> Provided records
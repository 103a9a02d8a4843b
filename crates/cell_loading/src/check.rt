ghost use Rattle.std.specs.Prelude.{◌≡◌, ◌+◌, ◌≤◌, IfOk, map, length, take};
ghost use Rattle.rapid_model.specs.CellData.{CellData};
ghost use Rattle.typed_trees.specs.Views.{view_tree};
ghost use Rattle.cell_loading.specs.ReadModules.{rule_refusal, names_in, typed_task, typed_tasks, modules_before, checked};
ghost use Rattle.cell_loading.specs.Files.{Gives};
ghost use Rattle.cell_loading.specs.Loaded.{made_of, reads_in, ArePaired, IsRuleRefusal, IsCellRefusal};

use crate::modules::{Modules, first_modules, later_modules, module_refusal};
use crate::refused::{ModuleRule, Refused};
use cell_assembly::{CellFault, make_cell};
use data_scopes::Known;
use rapid_limits::MOST_MODULE_FILES;
use rapid_model::{Cell, NameText, Script, ScriptTask};
use rule_checks::{TypeFault, TypeRule};
use std::alloc::{AllocError, Global};
use task_types::check_task;
use typed_trees::Tree;

/// A cell, and the trees of its tasks, which use its numbers, in script order.
#[derive(Drop)]
pub struct CheckedCell {
    pub cell: Cell,
    pub trees: Vec<Tree>,
}

/// The cell of a script and of its modules, and the trees of its tasks. They are checked by names and types, task by
/// task, then by what the tasks share, then by the script's values of persistents.
pub fn check_modules(
    alloc: Global,
    script: &Script,
    modules: &Modules<'_, '_>,
) -> Result<CheckedCell, Refused>
    requires { ArePaired modules.now }
    ensures gives { Gives made_of (checked script.now (reads_in modules.now)) result }
    ensures one_each { IfOk result (λ checked. length checked.trees.items ≡ length script.now.tasks) }
{
    let mut trees = check_tasks(alloc, script, modules)?;
    match make_cell(alloc, script, &mut trees) {
        Ok(cell) => Ok(CheckedCell { cell, trees }),
        Err(fault) => Err(cell_refusal(script, modules, fault)),
    }
}

/// The typed trees of the tasks, in script order.
fn check_tasks(
    alloc: Global,
    script: &Script,
    modules: &Modules<'_, '_>,
) -> Result<Vec<Tree>, Refused>
    requires { ArePaired modules.now }
    ensures { Gives (λ trees. map view_tree trees.items) (typed_tasks script.now script.now.tasks (reads_in modules.now)) result }
{
    let tasks = script.tasks().as_slice();
    let names = names_in(alloc, tasks)?;
    let mut trees = Vec::new(alloc);
    let mut rest = *modules;
    for task in tasks {
        let tree = check_one(alloc, script, names.as_slice(), task, &rest)?;
        trees.push(tree)?;
        rest = later_modules(&rest, task.modules.len());
    }
    Ok(trees)
}

/// The typed tree of a task, whose modules are the first of these.
fn check_one(
    alloc: Global,
    script: &Script,
    names: &[NameText],
    task: &ScriptTask,
    modules: &Modules<'_, '_>,
) -> Result<Tree, Refused>
    requires names { names.now ≡ names_in script.now.tasks }
    requires paired { ArePaired modules.now }
    ensures { Gives view_tree (typed_task script.now task.now (take (length task.now.modules) (reads_in modules.now))) result }
{
    let own = first_modules(modules, task.modules.len());
    let known = Known {
        tasks: names,
        signals: script.signals().as_slice(),
        axes: task.axes,
    };
    match check_task(alloc, own.trees, &known) {
        Ok(tree) => Ok(tree),
        Err(fault) => Err(fault_refusal(&own, fault)),
    }
}

/// The names of the tasks.
fn names_in(alloc: Global, tasks: &[ScriptTask]) -> Result<Vec<NameText>, AllocError>
    ensures { IfOk result (λ names. names.items ≡ names_in tasks.now) }
{
    let mut names = Vec::new(alloc);
    for task in tasks {
        names.push(task.name.copy())?;
    }
    Ok(names)
}

/// The refusal for a fault of a task's modules.
fn fault_refusal(modules: &Modules<'_, '_>, fault: TypeFault) -> Refused
    requires { ArePaired modules.now }
    ensures { IsRuleRefusal (reads_in modules.now) fault result }
{
    match fault {
        TypeFault::Rule { module, at, rule } => rule_refusal(modules, module as usize, at, rule),
        TypeFault::Memory => Refused::Memory,
    }
}

/// The refusal for a rule of names and types at a byte of the module of this number, from 0.
fn rule_refusal(modules: &Modules<'_, '_>, number: usize, at: usize, rule: TypeRule) -> Refused
    requires { ArePaired modules.now }
    ensures { result ≡ rule_refusal (reads_in modules.now) number at rule }
{
    module_refusal(modules, number, at, ModuleRule::Type(rule))
}

/// The refusal for a fault of a cell.
fn cell_refusal(script: &Script, modules: &Modules<'_, '_>, fault: CellFault) -> Refused
    requires { ArePaired modules.now }
    ensures { IsCellRefusal script.now (reads_in modules.now) fault result }
{
    match fault {
        CellFault::Clash { task, module, at } => {
            let number = modules_before(script, task) + module as usize;
            rule_refusal(modules, number, at, TypeRule::PersType)
        }
        CellFault::Script { key, rule } => Refused::Script { key, rule },
        CellFault::Memory => Refused::Memory,
    }
}

/// How many modules the tasks before the one of this number have. A script has few tasks and few modules.
fn modules_before(script: &Script, number: u32) -> usize
    ensures is { result ≡ modules_before script.now.tasks number }
    ensures few { result ≤ MOST_MODULE_FILES }
{
    let _steps = script.steps();
    let tasks = script.tasks().as_slice();
    let number = tasks.len().min(number as usize);
    let mut before = 0;
    for k in 0..number {
        before += tasks[k].modules.len();
    }
    before
}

> Exercise prompt
An exact, complete copy of the lines above from the one with "result ≡ rule_refusal" through the one with "and few modules." is the whole answer.

> Response area
    ensures { result ≡ rule_refusal (reads_in modules.now) number at rule }
{
    module_refusal(modules, number, at, ModuleRule::Type(rule))
}

/// The refusal for a fault of a cell.
fn cell_refusal(script: &Script, modules: &Modules<'_, '_>, fault: CellFault) -> Refused
    requires { ArePaired modules.now }
    ensures { IsCellRefusal script.now (reads_in modules.now) fault result }
{
    match fault {
        CellFault::Clash { task, module, at } => {
            let number = modules_before(script, task) + module as usize;
            rule_refusal(modules, number, at, TypeRule::PersType)
        }
        CellFault::Script { key, rule } => Refused::Script { key, rule },
        CellFault::Memory => Refused::Memory,
    }
}

/// How many modules the tasks before the one of this number have. A script has few tasks and few modules.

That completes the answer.